**EXERCISE**
Restate the data below, keeping every line the same.
********************
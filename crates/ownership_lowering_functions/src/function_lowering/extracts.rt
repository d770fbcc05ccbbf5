//! The extracts that stand for a `destructure_struct` or a `destructure_tuple`.

ghost use Rattle.std.specs.Prelude.{◌≡◌, ◌++◌, OnOk, map};
ghost use Rattle.std.specs.List.{flat_map};
ghost use Rattle.ownership_lowering_model.specs.Extracts as extracts;
ghost use Rattle.ownership_lowering_functions.specs.FunctionLowering.inner.Drafts.{told_insts};

use crate::function_lowering::draft::Draft;
use sil_ast::{Exhausted, Field, List, Operand, Text, TypeName, ValueId};
use sil_types::TypeTable;
use sil_types::members::fields_of_struct;

/// Adds an extract for each field and its value.
fn add_fields<'a>(
    whole: &'a Operand,
    owner: &'a Text,
    fields: &'a [Field],
    values: &[ValueId],
    drafts: &mut List<Draft<'a>>,
) -> Result<(), Exhausted>
    ensures { OnOk result (told_insts drafts.new
        ≡ told_insts drafts.old ++ extracts.field_extracts whole.now (map (extracts.member_of owner.now) fields.now) values.now) }
{
    for (index, field) in fields.iter().enumerate() {
        let Some(value) = values.get(index) else {
            return Ok(());
        };
        drafts.push(Draft::Field {
            whole,
            owner,
            name: &field.name,
            result: *value,
        })?;
    }
    Ok(())
}

/// Adds an extract for each field of an operand whose type is a struct.
fn add_extracted_fields<'a>(
    table: &'a TypeTable,
    whole: &'a Operand,
    values: &[ValueId],
    drafts: &mut List<Draft<'a>>,
) -> Result<(), Exhausted>
    ensures { OnOk result (told_insts drafts.new ≡ told_insts drafts.old ++ extracts.extracts_fields table.now values.now whole.now) }
{
    let Some(ty) = &whole.ty else {
        return Ok(());
    };
    let TypeName::Named(owner) = ty else {
        return Ok(());
    };
    match fields_of_struct(table, ty) {
        Some(fields) => add_fields(whole, owner, fields, values, drafts),
        None => Ok(()),
    }
}

/// Adds what becomes of a `destructure_struct` of these operands.
pub(crate) fn add_field_extracts<'a>(
    table: &'a TypeTable,
    operands: &'a [Operand],
    values: &[ValueId],
    drafts: &mut List<Draft<'a>>,
) -> Result<(), Exhausted>
    ensures { OnOk result (told_insts drafts.new ≡ told_insts drafts.old ++ flat_map (extracts.extracts_fields table.now values.now) operands.now) }
{
    for whole in operands {
        add_extracted_fields(table, whole, values, drafts)?;
    }
    Ok(())
}

/// Adds an extract for each element and its value.
fn add_extracted_elements<'a>(
    whole: &'a Operand,
    values: &[ValueId],
    drafts: &mut List<Draft<'a>>,
) -> Result<(), Exhausted>
    ensures { OnOk result (told_insts drafts.new ≡ told_insts drafts.old ++ extracts.extracts_elements values.now whole.now) }
{
    for (number, value) in values.iter().enumerate() {
        drafts.push(Draft::Element {
            whole,
            number: number as i64,
            result: *value,
        })?;
    }
    Ok(())
}

/// Adds what becomes of a `destructure_tuple` of these operands.
pub(crate) fn add_element_extracts<'a>(
    operands: &'a [Operand],
    values: &[ValueId],
    drafts: &mut List<Draft<'a>>,
) -> Result<(), Exhausted>
    ensures { OnOk result (told_insts drafts.new ≡ told_insts drafts.old ++ flat_map (extracts.extracts_elements values.now) operands.now) }
{
    for whole in operands {
        add_extracted_elements(whole, values, drafts)?;
    }
    Ok(())
}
********************
**PROBLEM SOLUTION**
filename crates/ownership_lowering_functions/src/function_lowering/extracts.rt
repository d770fbcc05ccbbf5
//! The extracts that stand for a `destructure_struct` or a `destructure_tuple`.

ghost use Rattle.std.specs.Prelude.{◌≡◌, ◌++◌, OnOk, map};
ghost use Rattle.std.specs.List.{flat_map};
ghost use Rattle.ownership_lowering_model.specs.Extracts as extracts;
ghost use Rattle.ownership_lowering_functions.specs.FunctionLowering.inner.Drafts.{told_insts};

use crate::function_lowering::draft::Draft;
use sil_ast::{Exhausted, Field, List, Operand, Text, TypeName, ValueId};
use sil_types::TypeTable;
use sil_types::members::fields_of_struct;

/// Adds an extract for each field and its value.
fn add_fields<'a>(
    whole: &'a Operand,
    owner: &'a Text,
    fields: &'a [Field],
    values: &[ValueId],
    drafts: &mut List<Draft<'a>>,
) -> Result<(), Exhausted>
    ensures { OnOk result (told_insts drafts.new
        ≡ told_insts drafts.old ++ extracts.field_extracts whole.now (map (extracts.member_of owner.now) fields.now) values.now) }
{
    for (index, field) in fields.iter().enumerate() {
        let Some(value) = values.get(index) else {
            return Ok(());
        };
        drafts.push(Draft::Field {
            whole,
            owner,
            name: &field.name,
            result: *value,
        })?;
    }
    Ok(())
}

/// Adds an extract for each field of an operand whose type is a struct.
fn add_extracted_fields<'a>(
    table: &'a TypeTable,
    whole: &'a Operand,
    values: &[ValueId],
    drafts: &mut List<Draft<'a>>,
) -> Result<(), Exhausted>
    ensures { OnOk result (told_insts drafts.new ≡ told_insts drafts.old ++ extracts.extracts_fields table.now values.now whole.now) }
{
    let Some(ty) = &whole.ty else {
        return Ok(());
    };
    let TypeName::Named(owner) = ty else {
        return Ok(());
    };
    match fields_of_struct(table, ty) {
        Some(fields) => add_fields(whole, owner, fields, values, drafts),
        None => Ok(()),
    }
}

/// Adds what becomes of a `destructure_struct` of these operands.
pub(crate) fn add_field_extracts<'a>(
    table: &'a TypeTable,
    operands: &'a [Operand],
    values: &[ValueId],
    drafts: &mut List<Draft<'a>>,
) -> Result<(), Exhausted>
    ensures { OnOk result (told_insts drafts.new ≡ told_insts drafts.old ++ flat_map (extracts.extracts_fields table.now values.now) operands.now) }
{
    for whole in operands {
        add_extracted_fields(table, whole, values, drafts)?;
    }
    Ok(())
}

/// Adds an extract for each element and its value.
fn add_extracted_elements<'a>(
    whole: &'a Operand,
    values: &[ValueId],
    drafts: &mut List<Draft<'a>>,
) -> Result<(), Exhausted>
    ensures { OnOk result (told_insts drafts.new ≡ told_insts drafts.old ++ extracts.extracts_elements values.now whole.now) }
{
    for (number, value) in values.iter().enumerate() {
        drafts.push(Draft::Element {
            whole,
            number: number as i64,
            result: *value,
        })?;
    }
    Ok(())
}

/// Adds what becomes of a `destructure_tuple` of these operands.
pub(crate) fn add_element_extracts<'a>(
    operands: &'a [Operand],
    values: &[ValueId],
    drafts: &mut List<Draft<'a>>,
) -> Result<(), Exhausted>
    ensures { OnOk result (told_insts drafts.new ≡ told_insts drafts.old ++ flat_map (extracts.extracts_elements values.now) operands.now) }
{
    for whole in operands {
        add_extracted_elements(whole, values, drafts)?;
    }
    Ok(())
}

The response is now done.